"Grief has dropped a bomb in your life. You are shattered, blasted, blown apart, all but nearly destroyed. Amongst the shards, amongst the debris, you live. You don't know how. You cant see. You can do nothing but feel the pain that is within you and around you. You don't understand, you will never understand. You lay down amongst the rubble, for you can do nothing else,,,and you cry. Cry like you've never cried before, in your life and you ask, why me? Why us? Why this? And somehow, without knowing how, you uncurl yourself, you brush more tears from your face, and you walk. You begin by picking up a shard, a broken piece of your life here, a broken piece there. They don't fit together anymore, they cant. There is no going back to what once was. As each tiny fragment begins to shape itself anew, so do you. Your shape is a stranger to yourself now, and to everyone else too. Your pieces, have become you; they speak of your strength, of your courage, they speak of you, the vulnerable you, the broken you."
One of the toughest things for Paul and me is trying to grieve for both of our children. Seriously, how is a parent suppose to go about that? We cry for one and then feel like shit because we are in fact, crying for 1 child. Hard to balance out your grief without feeling anything less than guilt. Guilt that continuously punches you in the gut.
The other night, NBC news had a story on about a little boy with Down syndrome. His name is Ryan. He is actually a child model for Target. I've seen him in the Target ads a few times, so I was happy to finally hear something about him and his story. What a neat little guy. He made us smile and laugh...but he also triggered the water works. Again..guilt swept over us because we were crying for Carly and all that we've missed out on with her. Later that night, Paul and I were feeling so bad for missing her so much...when we have Brad to miss too. Again...how do parents grieve 2 children at the same time? It's almost impossible and leaves you feeling nothing but guilt!
Each day we wake up, drag ourselves out of bed and wonder, how do we get through today? The day drags on and on, until its time for bed again. For me, sleep is something that does not come easily. Paul on the other hand, can and does sleep. We are both on med's to help us, but my mind just never seems to shut off.

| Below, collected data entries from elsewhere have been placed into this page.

//! Facts about the definitions alone, each the contract of a function that does nothing.

ghost use Rattle.ops_text.specs.Names.{NumbersAreOneToOne};
ghost use Rattle.ops_text.specs.Numeral.{DecimalsReadBack};

/// Among names that are distinct, numbers are one to one with bytes.
pub fn numbers_are_one_to_one()
    ensures { NumbersAreOneToOne }
{}

/// What is printed of an integer is read as that integer.
pub fn decimals_read_back()
    ensures { DecimalsReadBack }
{}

On Friday, Paul and I are heading to Indiana to see our home. We were hoping to see the work in progress, but yesterday I received a call from the factory telling me that the home would be complete by Friday. We can still go down and see it though. We are hoping they built it the way we ordered it...with no glitches. I sure don't want us having to deal with that type of headache..I think we've got quite enough going on.

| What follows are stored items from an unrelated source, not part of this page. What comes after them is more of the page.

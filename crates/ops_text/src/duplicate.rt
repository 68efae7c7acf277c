//! Copies of plain data, which may want memory.

ghost use Rattle.std.specs.Prelude.{◌≡◌, IfOk};

use crate::{OutOfMemory, Sequence};
use std::alloc::Global;

/// Data of which an equal second value can be made.
pub trait Duplicate: Drop {
    /// A value equal to this one. It takes time and memory in proportion to the value.
    fn duplicate(&self, alloc: Global) -> Result<Self, OutOfMemory>
        ensures { IfOk result (λ copy. copy ≡ self.now) };
}

impl Duplicate for u32 {
    fn duplicate(&self, _alloc: Global) -> Result<u32, OutOfMemory> {
        Ok(*self)
    }
}

impl Duplicate for u64 {
    fn duplicate(&self, _alloc: Global) -> Result<u64, OutOfMemory> {
        Ok(*self)
    }
}

impl<A: Duplicate, B: Duplicate> Duplicate for (A, B) {
    fn duplicate(&self, alloc: Global) -> Result<(A, B), OutOfMemory> {
        let first = self.0.duplicate(alloc)?;
        let second = self.1.duplicate(alloc)?;
        Ok((first, second))
    }
}

impl<T: Duplicate> Duplicate for Sequence<T> {
    fn duplicate(&self, alloc: Global) -> Result<Sequence<T>, OutOfMemory> {
        Ok(Sequence::from_vec(copied(alloc, self.as_slice())?))
    }
}

/// Values equal to those of the slice. It takes time and memory in proportion to them.
pub fn copied<T: Duplicate>(alloc: Global, values: &[T]) -> Result<Vec<T>, OutOfMemory>
    ensures { IfOk result (λ copies. copies.items ≡ values.now) }
{
    let mut copies = Vec::with_capacity(alloc, values.len())?;
    for value in values {
        copies.push(value.duplicate(alloc)?)?;
    }
    Ok(copies)
}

Once our home is done and we've moved in. Paul and I will be getting back to counseling. I think we need more than just a "counselor" though. Not knocking counselors by any means, but I just feel we need some more in depth, one on one counseling. That should be a fun battle with our health insurance company.
That's it for today. I am again, using my mom and dads computer..mine is a lost cause. So please excuse the way this post is going to look. I can not figure out how or why I can't blog from their computer. Who knows, I may not be able to post this once I finish!! I can type, but I can't edit one darn thing. About all I can do, is spell check. My computer was supposedly restored from the fire, but it just will not stay working. Who knows, maybe it's an easy fix...but sadly, my go to guy, Brad, isn't here to get it back up and running for me.
Grrreeeaattt...I just hit my preview button and I see that even though my post looks like it has been typed up correctly in compose mode...it seems as if I have no paragraphs and that my layout looks odd in preview mode. Sheesh...if it's not one thing, its another!